If the recent five-year boom in solar energy marked the birth of a global industry, the next half-decade should be its coming of age. But like most adolescents, solar is experiencing growing pains. The economic crisis has weakened demand for everything from polysilicon to rooftop panels, just as manufacturers have spent billions expanding production. The overcapacity has caused prices to plummet and left the industry financially exposed. A number of companies—especially startups—may not survive a shakeout that could last 18 months or longer.
The causes of the downturn are complex and interrelated. As the price of oil plunged from its peak last summer, solar and other forms of renewable energy became relatively less cost-competitive—dampening demand from industrial, commercial, and residential customers. At the same time, the credit squeeze has made it harder for customers, whether power companies or energy-conscious homeowners, to finance solar projects. Some also are holding back in anticipation that solar equipment prices will fall even further.
Consider the story of Peng Xiaofeng, chairman of China's LDK Solar (LDK), a maker of solar wafers. During a recent trip to Europe, he toured major solar projects that have been, in some cases, on the drawing boards for two to three years. "They're all delayed," Peng says."I don't think they'll be ready [even] in 2010 or 2011."
Trimmed SubsidiesThe industry impact has been swift. After increasing at roughly 50% annually every year since 2004, the overall market for new solar installations could slow to just 15% growth in 2009, according to analyst estimates. Retail prices for photovoltaic (PV) panels may fall by as much as one-third in 2009 because of a continued glut. Adding to the gloom: Spain and Germany, the world's top two markets for PV panels, have recently trimmed the subsidies they offered to jump-start local industries. "We're moving from a seller's to a buyer's market," says Adel El Gammal, secretary general of the European Photovoltaic Industry Assn. (EPIA).
Shares in major solar players reflect the brutal turn of events. The Claymore/MAC Global Solar Energy Index (TAN) has dropped 71% since its launch on Apr. 15 this year, and some leading companies have fared even worse. China's SunTech (STP)—founded in 2001 and now the world's largest manufacturer by revenue of PV cells, the basic building-block of panels that convert sunlight to electricity—has seen its stock plunge almost 90% since the start of 2008. Shares in Germany's Q-Cells (QCEG.DE), the global leader in PV cells by volume, have fallen more than 80% over the same period.

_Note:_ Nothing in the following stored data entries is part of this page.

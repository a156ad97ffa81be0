//! A row of dots turned end for end, and eight bytes of one.
ghost use Rattle.std.specs.Prelude.{◌≡◌, ℕ, ◌+◌, ◌-◌, ◌*◌, ◌<◌, ◌≤◌, ◌&&◌, nat_lt, nat_le, false, length, slice_index};
ghost use Rattle.vp_dots.specs.Dots.{bit, dot, dots};
ghost use Rattle.vp_dots.specs.Swaps.{swap_place};
ghost use Rattle.vp_dots.specs.Words.{word_dot};

use crate::word::word_of;
use std::simd::u8x8;

/// A byte with its dots in the other order: its halves change places, then their halves, then theirs.
#[inline(always)]
fn mirrored(byte: u8) -> u8
    ensures { (k : ℕ) → k < 8 → bit result k ≡ bit byte (7 - k) }
{
    let halves = (byte << 4) | (byte >> 4);
    let pairs = ((halves & 0x33) << 2) | ((halves & 0xcc) >> 2);
    ((pairs & 0x55) << 1) | ((pairs & 0xaa) >> 1)
}

/// Exchanges the bits of the mask with those s places above them.
#[inline(always)]
fn swapped(word: u64, s: u32, mask: u64) -> u64
    requires s { s < 64 }
    requires apart { (i : ℕ) → i < 64 → (bit mask i && (nat_le s i && bit mask (i - s))) ≡ false }
    ensures { (i : ℕ) → i < 64 → bit result i ≡ bit word (swap_place mask s i) }
{
    let differ = (word ^ (word >> s)) & mask;
    word ^ differ ^ (differ << s)
}

/// Eight bytes of the row, from byte i on, turned end for end.
#[inline(always)]
pub fn reversed_at(row: &[u8], i: usize) -> u64
    requires { i + 8 ≤ length row.now }
    ensures { (x : ℕ) → x < 64 → word_dot result x ≡ dot row.now (8 * i + (63 - x)) }
{
    let bytes = word_of(&u8x8::from_slice(&row[i..]).reverse().to_array());
    let halves = swapped(bytes, 4, 0x0f0f_0f0f_0f0f_0f0f);
    let pairs = swapped(halves, 2, 0x3333_3333_3333_3333);
    swapped(pairs, 1, 0x5555_5555_5555_5555)
}

/// Copies a row of dots turned end for end: its last dot becomes the first of the line.
// Byte for byte, so that the compiler takes sixteen of them at once.
#[inline(never)]
pub fn copy_reversed(row: &[u8], line: &mut [u8])
    requires { length line.old ≡ length row.now }
    ensures len { length line.new ≡ length row.now }
    ensures turned { (d : ℕ) → dot line.new d ≡
        (nat_lt d (dots row.now) && dot row.now (dots row.now - 1 - d)) }
{
    let bytes = row.len();
    for j in 0..bytes {
        line[bytes - 1 - j] = mirrored(row[j]);
    }
}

Despite this carnage, industry observers remain bullish on solar's longer-term prospects. As the price of panels drops in the next 12 to 18 months, solar power will become more attractive compared with other forms of energy. Consolidation among companies in the industry—especially as weaker players drop out or get acquired—also should lower costs and improve profitability.
All told, figures energy consultancy Navigants (NCI), the total amount of electricity produced worldwide via solar should soar from 3 gigawatts this year to 15 GW in 2012, the equivalent of 19 coal-fired power plants. Beyond the immediate period, says the EPIA's El Gammal, "the fundamentals are intact. There's no option but a very fast growth rate."